| Summary: | Reinforcement Learning (RL) is recognized as a promising paradigm to improve numerous decision-making processes in the real world, potentially constituting the core of many future autonomous systems. However, despite its popularity across multiple fields, the number of proofs of concept in the literature is substantially larger than the number of reported deployments. This can be primarily attributed to differences between real-world environments and experimental RL setups. On one hand, from a domain-specific perspective, it is challenging to fully characterize concrete tasks and environments in the real world, and training in physical environments may not always be possible. On the other hand, the real world presents several domain-agnostic challenges that make learning more difficult, such as high-dimensionality, non-stationarity, or generalizability. Although RL agents have demonstrated effective performance in practical applications, their robustness to these real-world phenomena is still challenging.
To move a step forward towards better RL deployability, this thesis investigates different aspects of RL system design, focusing on enhancing robustness in real-world environments. It is composed of three main areas of research:
Firstly, to comprehensively characterize the problem of real-world robustness, I propose an RL roadmap. This identifies key factors that influence the interaction between an RL system and a real-world environment, and it offers a structured approach to addressing the overall problem. I further delve into one specific element of this roadmap, the state space, and present a set of mathematical bounds for the change in mutual information (MI) between state features and rewards during policy learning. By observing how MI evolves during learning, I demonstrate how to identify more effective feature sets, as shown through the study of a practical use case, the Traffic Signal Control problem.
Secondly, I introduce MetaPG, a novel domain-agnostic RL design method that prioritizes robustness in addition to performance. MetaPG is an AutoRL method that automates the design of new actor-critic loss functions, represented as computational graphs, for optimizing multiple independent objectives. Through evolutionary search, MetaPG generates Pareto Fronts of new algorithms that maximize and trade all objectives considered. When applied to a use case aimed at optimizing single-task performance, zero-shot generalizability, and stability on five different environments, evolved algorithms show, on average, a 4.2%, a 13.4%, and a 67% increase in each of these metrics, respectively, compared to the SAC algorithm used as warm-start. Furthermore, MetaPG offers insights into the structure of the evolved algorithms, allowing for a better understanding of their functionality.

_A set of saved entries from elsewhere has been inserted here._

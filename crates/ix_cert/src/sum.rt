ghost use Rattle.std.specs.Prelude.{◌≡◌, ◌≢◌, ℕ, ◌<◌, ◌≤◌, ◌+◌, ◌*◌, ◌++◌, ◌==◌, length, map, All, IfOk, sum_by, slice_index};
ghost use Rattle.ix_sheet.specs.Schedules.{IsValidProblem, IsAfter, cost, kept_along, sum_below, node_at, weight_of};
ghost use Rattle.ix_sheet.specs.Bounds.{IsBoundOf, arc_of};
ghost use Rattle.ix_cert.specs.Layout.{IsNodeInForm};
ghost use Rattle.ix_cert.specs.Faults.{IsUnbalanced, IsOpen, times_of};
ghost use Rattle.ix_cert.specs.Checks.{Tells, AreAmounts, parts_in, parts_out, has_value, ups_of, downs_of, up_of, down_of};

use crate::report::ReportBlock;
use ix_bits::Memory;
use ix_sheet::{Bound, Problem, arc_of_bound};
use std::alloc::Global;

// The sum of the times.
fn sum_of_times(times: &[u8]) -> u128
    ensures is { result ≡ sum_below (slice_index times.now) (length times.now) }
    ensures small { result < 20282409603651670423947251286016 }
{
    let mut sum = 0;
    'times: for at in 0..times.len() {
        sum += u128::from(times[at]);
    }
    sum
}

// The weight of the result that an edge carries.
fn weight_along(p: &Problem, edge: (u32, u32)) -> u8
    requires { edge.0 < length p.now.ops }
    ensures { result ≡ weight_of (node_at p.now edge.0) }
{
    p.ops.as_slice()[edge.0 as usize].weight
}

// For how many cycles the result of an edge's start is kept for its end, by its weight.
fn kept(b: &ReportBlock, edge: (u32, u32)) -> u128
    requires from { edge.0 < length b.now.problem.ops }
    requires to { edge.1 < length b.now.problem.ops }
    requires times { length b.now.times ≡ length b.now.problem.ops }
    requires after { IsAfter b.now.problem (times_of b.now) edge }
    ensures is { result ≡ kept_along b.now.problem (times_of b.now) edge }
    ensures small { result ≤ 65025 }
{
    let times = b.times.as_slice();
    let latency = b.problem.ops.as_slice()[edge.0 as usize].latency;
    let cycles = times[edge.1 as usize] - (times[edge.0 as usize] + latency);
    u128::from(weight_along(&b.problem, edge)) * u128::from(cycles)
}

fn sum_of_kept(b: &ReportBlock) -> u128
    requires valid { IsValidProblem b.now.problem }
    requires times { length b.now.times ≡ length b.now.problem.ops }
    requires after { All (IsAfter b.now.problem (times_of b.now)) b.now.problem.edges }
    ensures is { result ≡ sum_by (kept_along b.now.problem (times_of b.now)) b.now.problem.edges }
    ensures small { result < 20282409603651670423947251286016 }
{
    let mut sum = 0;
    'edges: for edge in b.problem.edges.as_slice() {
        sum += kept(b, *edge);
    }
    sum
}

/// Whether the printed cost is that of the times, which keep the edges.
pub(crate) fn is_cost(b: &ReportBlock) -> bool
    requires valid { IsValidProblem b.now.problem }
    requires times { length b.now.times ≡ length b.now.problem.ops }
    requires after { All (IsAfter b.now.problem (times_of b.now)) b.now.problem.edges }
    ensures { result ≡ (b.now.cost == cost b.now.problem (times_of b.now)) }
{
    u128::from(b.cost) == sum_of_times(b.times.as_slice()) + sum_of_kept(b)
}

// For each operation what the parts at it amount to.
fn amounts_at(alloc: Global, count: usize, parts: &[(u32, u64)]) -> Result<Vec<u128>, Memory>
    ensures are { IfOk result (λ amounts. AreAmounts count parts.now amounts.items) }
    ensures small { IfOk result (λ amounts. (k : ℕ) → slice_index amounts.items k < 340282366920938463463374607431768211455) }
{
    let mut amounts = vec![in alloc; 0u128; count]?;
    let sums = amounts.as_mut_slice();
    'parts: for part in parts {
        let (place, amount) = *part;
        if (place as usize) < count {
            sums[place as usize] += u128::from(amount);
        }
    }
    Ok(amounts)
}

// The amounts that come in at operations, and the edges out of them.
fn parts_in(alloc: Global, b: &ReportBlock) -> Result<Vec<(u32, u64)>, Memory>
    requires valid { IsValidProblem b.now.problem }
    requires named { All (λ part. IsBoundOf b.now.problem part.0) b.now.flow }
    ensures { IfOk result (λ parts. parts.items ≡ parts_in b.now.problem b.now.flow) }
{
    let mut parts = Vec::new(alloc);
    'flow: for part in b.flow.as_slice() {
        parts.push((arc_of_bound(&b.problem, &part.0).to, part.1))?;
    }
    'edges: for edge in b.problem.edges.as_slice() {
        parts.push((edge.0, u64::from(weight_along(&b.problem, *edge))))?;
    }
    Ok(parts)
}

// The amounts that go out at operations, and the edges into them.
fn parts_out(alloc: Global, b: &ReportBlock) -> Result<Vec<(u32, u64)>, Memory>
    requires valid { IsValidProblem b.now.problem }
    requires named { All (λ part. IsBoundOf b.now.problem part.0) b.now.flow }
    ensures { IfOk result (λ parts. parts.items ≡ parts_out b.now.problem b.now.flow) }
{
    let mut parts = Vec::new(alloc);
    'flow: for part in b.flow.as_slice() {
        parts.push((arc_of_bound(&b.problem, &part.0).from, part.1))?;
    }
    'edges: for edge in b.problem.edges.as_slice() {
        parts.push((edge.1, u64::from(weight_along(&b.problem, *edge))))?;
    }
    Ok(parts)
}

// The first place at which the one is not one more than the other.
fn first_apart(more: &[u128], less: &[u128]) -> Option<usize>
    requires count { length more.now ≡ length less.now }
    requires small { (k : ℕ) → slice_index less.now k < 340282366920938463463374607431768211455 }
    ensures { Tells (length more.now) (λ k. slice_index more.now k ≢ slice_index less.now k + 1) result }
{
    'ops: for at in 0..more.len() {
        if more[at] != less[at] + 1 {
            return Some(at);
        }
    }
    None
}

/// The first operation at which the flow, whose bounds are those of the problem, is not in balance.
pub(crate) fn first_unbalanced(alloc: Global, b: &ReportBlock) -> Result<Option<usize>, Memory>
    requires valid { IsValidProblem b.now.problem }
    requires named { All (λ part. IsBoundOf b.now.problem part.0) b.now.flow }
    ensures { IfOk result (Tells (length b.now.problem.ops) (IsUnbalanced b.now)) }
{
    let count = b.problem.ops.len();
    let coming = amounts_at(alloc, count, parts_in(alloc, b)?.as_slice())?;
    let going = amounts_at(alloc, count, parts_out(alloc, b)?.as_slice())?;
    Ok(first_apart(coming.as_slice(), going.as_slice()))
}

// What the amounts times the numbers of the bounds upwards come to.
fn ups(b: &ReportBlock) -> u128
    requires valid { IsValidProblem b.now.problem }
    requires nodes { All IsNodeInForm b.now.problem.ops }
    requires named { All (λ part. IsBoundOf b.now.problem part.0) b.now.flow }
    requires few { length b.now.flow < 4294967296 }
    ensures is { result ≡ ups_of b.now.problem b.now.flow }
    ensures small { result < 20282409603651670423947251286016 }
{
    let mut sum = 0;
    'flow: for part in b.flow.as_slice() {
        sum += u128::from(part.1) * u128::from(arc_of_bound(&b.problem, &part.0).up);
    }
    sum
}

// And downwards.
fn downs(b: &ReportBlock) -> u128
    requires valid { IsValidProblem b.now.problem }
    requires nodes { All IsNodeInForm b.now.problem.ops }
    requires named { All (λ part. IsBoundOf b.now.problem part.0) b.now.flow }
    requires few { length b.now.flow < 4294967296 }
    ensures is { result ≡ downs_of b.now.problem b.now.flow }
    ensures small { result < 20282409603651670423947251286016 }
{
    let mut sum = 0;
    'flow: for part in b.flow.as_slice() {
        sum += u128::from(part.1) * u128::from(arc_of_bound(&b.problem, &part.0).down);
    }
    sum
}

// The latency of an edge, by the weight of the result that it carries.
fn latency_along(p: &Problem, edge: (u32, u32)) -> u128
    requires { edge.0 < length p.now.ops }
    ensures is { result ≡ weight_of (node_at p.now edge.0) * (node_at p.now edge.0).latency }
    ensures small { result ≤ 65025 }
{
    let latency = p.ops.as_slice()[edge.0 as usize].latency;
    u128::from(weight_along(p, edge)) * u128::from(latency)
}

// The latencies of the edges.
fn sum_of_latencies(p: &Problem) -> u128
    requires valid { IsValidProblem p.now }
    ensures is { result ≡ sum_by (λ e. weight_of (node_at p.now e.0) * (node_at p.now e.0).latency) p.now.edges }
    ensures small { result < 20282409603651670423947251286016 }
{
    let mut sum = 0;
    'edges: for edge in p.edges.as_slice() {
        sum += latency_along(p, *edge);
    }
    sum
}

/// Whether the flow, whose bounds are those of the problem, has the printed cost as its value.
pub(crate) fn is_value(b: &ReportBlock) -> bool
    requires valid { IsValidProblem b.now.problem }
    requires nodes { All IsNodeInForm b.now.problem.ops }
    requires named { All (λ part. IsBoundOf b.now.problem part.0) b.now.flow }
    requires few { length b.now.flow < 4294967296 }
    ensures { result ≡ has_value b.now.problem b.now.flow b.now.cost }
{
    ups(b) == u128::from(b.cost) + downs(b) + sum_of_latencies(&b.problem)
}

Lastly, this thesis focuses on the application of conceptual frameworks and design principles to specific real-world problems in which robustness has been systematically overlooked. I introduce a novel RL system for solving the frequency assignment problem for multibeam satellite constellations. By conducting a comprehensive search over six major design decisions, I identify a design variation that achieves a 99.8% success rate in 100-beam scenarios. However, this variation falls short in handling high-dimensionality and non-stationarity. This thesis demonstrates that robustness against these challenges can be obtained through different design variations, which attain an 87.3% success rate in 2,000-beam cases. Additionally, I also investigate design trade-offs in another real-world application, molecular optimization, and show that current methods are not well aligned with robustness.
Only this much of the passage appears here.